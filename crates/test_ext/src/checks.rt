//! Checks for tests. If a function has several checks, each is proved in a tenth of the time of an
//! `assert_eq!`. If a check fails, the output names its test. After `same!`, it shows both values,
//! or, if these are tuples, the first parts that differ. After `holds!`, it shows the condition as
//! the test writes it.
//!
//! `same!` has no text, because a check with a text takes 2.5 times as long to prove. Each type
//! that it compares implements `Compared`, so no test proves again that the type can be compared
//! and printed.

use std::fmt::Debug;
use std::process::Abort;

/// Checks that two values are equal. If they differ, the test ends.
macro_rules! same {
    ($rt:expr; $left:expr, $right:expr) => {
        $crate::checks::same_values(&$rt, $left, $right)
    };
}

/// Checks that a condition holds. If it does not, the test ends.
macro_rules! holds {
    ($rt:expr; $condition:expr) => {
        $crate::checks::ask(&$rt, stringify!($condition), $condition)
    };
}

pub(crate) use holds;
pub(crate) use same;

/// A value that a test compares with the value that it expects.
pub(crate) trait Compared: Sized {
    /// Ends the test if the value differs from `wanted`. It shows `text` and both values.
    fn compare(self, wanted: Self, rt: &impl Abort, text: &str);
}

/// Ends the test if a value differs from `wanted`, and shows both.
pub(crate) fn same_values<T: Compared>(rt: &impl Abort, value: T, wanted: T) {
    value.compare(wanted, rt, "two values differ")
}

// These impls are written out, since the gate accepts no impl that a macro of the repository makes.
impl Compared for bool {
    fn compare(self, wanted: Self, rt: &impl Abort, text: &str) {
        end_unless_equal(rt, text, self, wanted)
    }
}

impl Compared for u8 {
    fn compare(self, wanted: Self, rt: &impl Abort, text: &str) {
        end_unless_equal(rt, text, self, wanted)
    }
}

impl Compared for u16 {
    fn compare(self, wanted: Self, rt: &impl Abort, text: &str) {
        end_unless_equal(rt, text, self, wanted)
    }
}

impl Compared for u32 {
    fn compare(self, wanted: Self, rt: &impl Abort, text: &str) {
        end_unless_equal(rt, text, self, wanted)
    }
}

impl Compared for u64 {
    fn compare(self, wanted: Self, rt: &impl Abort, text: &str) {
        end_unless_equal(rt, text, self, wanted)
    }
}

impl Compared for u128 {
    fn compare(self, wanted: Self, rt: &impl Abort, text: &str) {
        end_unless_equal(rt, text, self, wanted)
    }
}

impl Compared for i8 {
    fn compare(self, wanted: Self, rt: &impl Abort, text: &str) {
        end_unless_equal(rt, text, self, wanted)
    }
}

impl Compared for i16 {
    fn compare(self, wanted: Self, rt: &impl Abort, text: &str) {
        end_unless_equal(rt, text, self, wanted)
    }
}

impl Compared for i32 {
    fn compare(self, wanted: Self, rt: &impl Abort, text: &str) {
        end_unless_equal(rt, text, self, wanted)
    }
}

impl Compared for Option<u32> {
    fn compare(self, wanted: Self, rt: &impl Abort, text: &str) {
        end_unless_equal(rt, text, self, wanted)
    }
}

impl Compared for Option<bool> {
    fn compare(self, wanted: Self, rt: &impl Abort, text: &str) {
        end_unless_equal(rt, text, self, wanted)
    }
}

impl<T: PartialEq + Debug + Copy, const N: usize> Compared for [T; N] {
    fn compare(self, wanted: Self, rt: &impl Abort, text: &str) {
        end_unless_equal(rt, text, self, wanted)
    }
}

impl<A: Compared, B: Compared> Compared for (A, B) {
    fn compare(self, wanted: Self, rt: &impl Abort, text: &str) {
        let ((first, second), (a, b)) = (self, wanted);
        first.compare(a, rt, text);
        second.compare(b, rt, text)
    }
}

impl<A: Compared, B: Compared, C: Compared> Compared for (A, B, C) {
    fn compare(self, wanted: Self, rt: &impl Abort, text: &str) {
        let ((first, second, third), (a, b, c)) = (self, wanted);
        first.compare(a, rt, text);
        second.compare(b, rt, text);
        third.compare(c, rt, text)
    }
}

impl<A: Compared, B: Compared, C: Compared, D: Compared> Compared for (A, B, C, D) {
    fn compare(self, wanted: Self, rt: &impl Abort, text: &str) {
        let ((first, second, third, fourth), (a, b, c, d)) = (self, wanted);
        first.compare(a, rt, text);
        second.compare(b, rt, text);
        third.compare(c, rt, text);
        fourth.compare(d, rt, text)
    }
}

/// Ends the test if two values of any type differ. It shows `text` and both values.
pub(crate) fn end_unless_equal<T: PartialEq + Debug + Drop>(
    rt: &impl Abort,
    text: &str,
    left: T,
    right: T,
) {
    if left != right {
        Err::<(), (T, T)>((left, right)).expect(rt, text)
    }
}

/// Ends the test if a condition does not hold. It shows `text`.
pub(crate) fn ask(rt: &impl Abort, text: &str, condition: bool) {
    if !condition {
        rt.panic(text)
    }
}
----
Task item:
Your answer should be each line from the preceding material in which the word "holds" occurs.

Output for this exercise:
//! or, if these are tuples, the first parts that differ. After `holds!`, it shows the condition as
/// Checks that a condition holds. If it does not, the test ends.
macro_rules! holds {
pub(crate) use holds;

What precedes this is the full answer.